The headline front-office metric: how many wins a general manager adds per season above an average front office on the same budget, with the franchise he inherited and the luck of a short sample stripped out.
Every other front-office number on this site measures what happened on a GM's watch. GM WAR asks the harder question: how much of it was actually him? It is the wins-above-budget an executive adds per season, stripped of the franchise he inherited and the noise of a short sample — wins above a replacement GM, an average front office getting the expected return on the same payroll. Units are wins per season.
The build is a ladder, and the first rung is choosing the right outcome. Actual wins (WAB) are more than half luck — one-run games, bullpen sequencing, health — that a GM does not control and that does not repeat. TAB (talent above budget: roster WAR versus what payroll predicts) strips that conversion luck and measures what the executive actually builds. The payoff is reliability — how much a number in one season tells you about the next:
| metric | year-to-year stickiness | what it contains |
|---|---|---|
| WAB (wins above budget) | 0.37 | talent + conversion luck |
| TAB (talent above budget) | 0.47 | talent only |
The gap between them — turning talent into wins — has a GM-to-GM reliability of about 0.05: essentially no repeatable skill. So GM WAR builds on TAB and treats WAB as the scoreboard receipt, not a skill signal.
A long-tenured GM at a great organization looks good partly because of the organization — its farm system, analytics group, market. To pull the two apart we fit a crossed random-effects model over every team-season since 1985, estimating a franchise effect and an executive effect jointly:
\[ \text{TAB}_{t} \;=\; \mu \;+\; \underbrace{\text{org}_{\text{franchise}}}_{\text{the machine}} \;+\; \underbrace{\text{gm}_{\text{executive}}}_{\text{the person}} \;+\; \varepsilon_t \]The 46 executives who ran more than one franchise are what make this identifiable: when a GM's edge travels with him to a new org, the model can tell his skill apart from the building he left behind. The variance splits cleanly:
| source | share of single-season TAB variance |
|---|---|
| the franchise (org) | ~5% |
| the executive (GM skill) | ~21% |
| year-to-year luck / noise | ~74% |
Two lessons hide in that table. First, the org is small — most of the persistence is the person, not the logo. Second, three-quarters of any single season is noise, which is why the last step matters.
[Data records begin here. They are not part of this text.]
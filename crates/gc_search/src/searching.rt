ghost use Rattle.std.specs.Prelude.{◌≡◌, ◌+◌, ◌-◌, ◌*◌, ◌^◌, ◌<◌, ◌≤◌, [], true, ℕ, IfOk};
ghost use Rattle.std.specs.List.{AllByRecursion};
ghost use Rattle.gc_regx.specs.Expressions.{HasParts};
ghost use Rattle.gc_regx.specs.Trees.{RegexTree, ARegex};
ghost use Rattle.gc_automata.specs.Conformance.{Conforms};
ghost use Rattle.gc_automata.specs.Machines.{IsAutomatonOf};
ghost use Rattle.gc_automata.specs.Moves.{IsThere};
ghost use Rattle.gc_prod.specs.declared.moves.Pair.{Pair};
ghost use Rattle.gc_prod.specs.Segments.{AreSegments};
ghost use Rattle.gc_search.specs.Counting.{most_moves};
ghost use Rattle.gc_search.specs.Finding.{walks_to, potential_of, IsFollowed, IsPotential};
ghost use Rattle.gc_search.specs.FirstWalks.{AreFirst, IsRun};

use crate::found::Found;
use crate::settling::settle;
use gc_automata::runs_pass_the_conforming_walks;
use gc_base::{Id, Memory, Steps};
use gc_prod::{Pair, Product};
use std::alloc::Global;
use std::sync::ledger::Ledger;

/// The first k walks from a node to every node that a run passes from the first state to the last, by
/// cost, then by the number of edges, then by the edges one after another. Where the automaton is that
/// of an expression, these are exactly the first k walks that conform to it. Each is found with a run
/// that passes it at its cost, and leads to the last state; and for each node and state there is the
/// least cost at which a run reaches them. All costs are below 2^127. It takes no more steps than k
/// times the transitions, times the number of all nodes, edges and segments.
pub fn search<'a, L: Ledger>(
    alloc: Global,
    p: &'a Product<'a>,
    source: Id,
    k: u32,
    steps: &mut Steps<L>,
) -> Result<Found<'a>, Memory>
    requires source { IsThere p.now.network source }
    requires segments { AreSegments p.now.network.graph p.now.network.segments }
    requires some { 0 < k }
    ensures runs { IfOk result (λ found. (target : ℕ) → AreFirst (IsRun p.now) source target k (walks_to found target)) }
    ensures conform { IfOk result (λ found. (tree : RegexTree ARegex) → HasParts tree → IsAutomatonOf tree p.now.machine
        → (target : ℕ) → AreFirst (Conforms p.now.network tree) source target k (walks_to found target)) }
    ensures passed { IfOk result (λ found. AllByRecursion (IsFollowed p.now source) found.walks) }
    ensures potentials { IfOk result (λ found. (q : Pair) → IsPotential p.now source q (potential_of found q)) }
    ensures last { IfOk result (λ found. found.last ≡ p.now.machine.states - 1) }
    ensures low { IfOk result (λ found. AllByRecursion (λ a. a.cost < 2 ^ 127) found.walks) }
    ensures few { steps.new ≤ steps.old + k * most_moves p.now }
{
    runs_pass_the_conforming_walks();
    let _nodes = p.nodes();
    let last = p.states().saturating_sub(1);
    let walks = settle(alloc, p, source, None, k, is_plain(p), steps)?;
    Ok(Found {
        source,
        last,
        walks,
    })
}

/// The first k walks from a node to one node that a run passes from the first state to the last, as
/// `search` finds them. It ends once these are found.
pub fn search_to<'a, L: Ledger>(
    alloc: Global,
    p: &'a Product<'a>,
    source: Id,
    target: Id,
    k: u32,
    steps: &mut Steps<L>,
) -> Result<Found<'a>, Memory>
    requires source { IsThere p.now.network source }
    requires segments { AreSegments p.now.network.graph p.now.network.segments }
    requires some { 0 < k }
    ensures runs { IfOk result (λ found. AreFirst (IsRun p.now) source target k (walks_to found target)) }
    ensures conform { IfOk result (λ found. (tree : RegexTree ARegex) → HasParts tree → IsAutomatonOf tree p.now.machine
        → AreFirst (Conforms p.now.network tree) source target k (walks_to found target)) }
    ensures passed { IfOk result (λ found. AllByRecursion (IsFollowed p.now source) found.walks) }
    ensures few { steps.new ≤ steps.old + k * most_moves p.now }
{
    runs_pass_the_conforming_walks();
    let _nodes = p.nodes();
    let last = p.states().saturating_sub(1);
    let at = Pair {
        node: target,
        state: last,
    };
    let walks = settle(alloc, p, source, Some(at), k, is_plain(p), steps)?;
    Ok(Found {
        source,
        last,
        walks,
    })
}

// Whether there is no segment, so that a walk costs 1 for each edge.
fn is_plain(p: &Product) -> bool
    requires { AreSegments p.now.network.graph p.now.network.segments }
    ensures { result ≡ true → p.now.network.segments ≡ [] }
{
    p.segment_steps(0).is_empty()
}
Because one season is mostly noise, a GM with three lucky years should not outrank a proven twenty-year veteran. GM WAR is an empirical-Bayes estimate: each executive's org-adjusted TAB is shrunk toward zero in proportion to how little we have seen, and carries a ±2 SD band. A five-season GM is pulled roughly halfway to zero with a wide band; a twenty-season GM barely moves. Reliability of the pooled career estimate climbs with tenure (Spearman-Brown):
| tenure | reliability of the GM WAR estimate |
|---|---|
| 1 season | 0.23 |
| 5 seasons | 0.61 |
| 10 seasons | 0.75 |
| 20 seasons | 0.86 |
Every executive is credited over his own tenure window — a President of Baseball Ops and the GM beneath him both get the seasons they shared, exactly like the franchise-level columns, so no one is starved and no senior is diluted by his lieutenant.
Player WAR is wins above a replacement player. GM WAR is wins above a replacement GM — one who simply spends to expectation and gets the league-average return on his budget. It is not roster WAR and not wins-above-a-replacement-player: the baseline is the budget, and the number is org-adjusted and shrunk. Same idea, different replacement level.
The org-vs-executive split is identified two ways: the abundant within-franchise GM turnover (every team ran 5–12 executives since 1985) and the 46 executives who switched franchises. We tested how much it leans on the switchers and on the non-random timing of hires and fires:
Why org-adjustment lowers stickiness — and why that's correct. The more you strip out the organization, the less sticky the number (no adjustment 0.66 → org-isolated 0.61). That is expected, not a flaw: some of what makes an executive look consistently good genuinely is the durable quality of his organization, and removing it leaves a smaller, noisier personal signal. The stickiness cost is the price of measuring the person rather than the logo.
Fit on full team-seasons (≥100 games), 1985–2024/25. All figures are franchise-level outcomes credited to the decision-maker in the relevant year — see the GM profiles for per-executive numbers.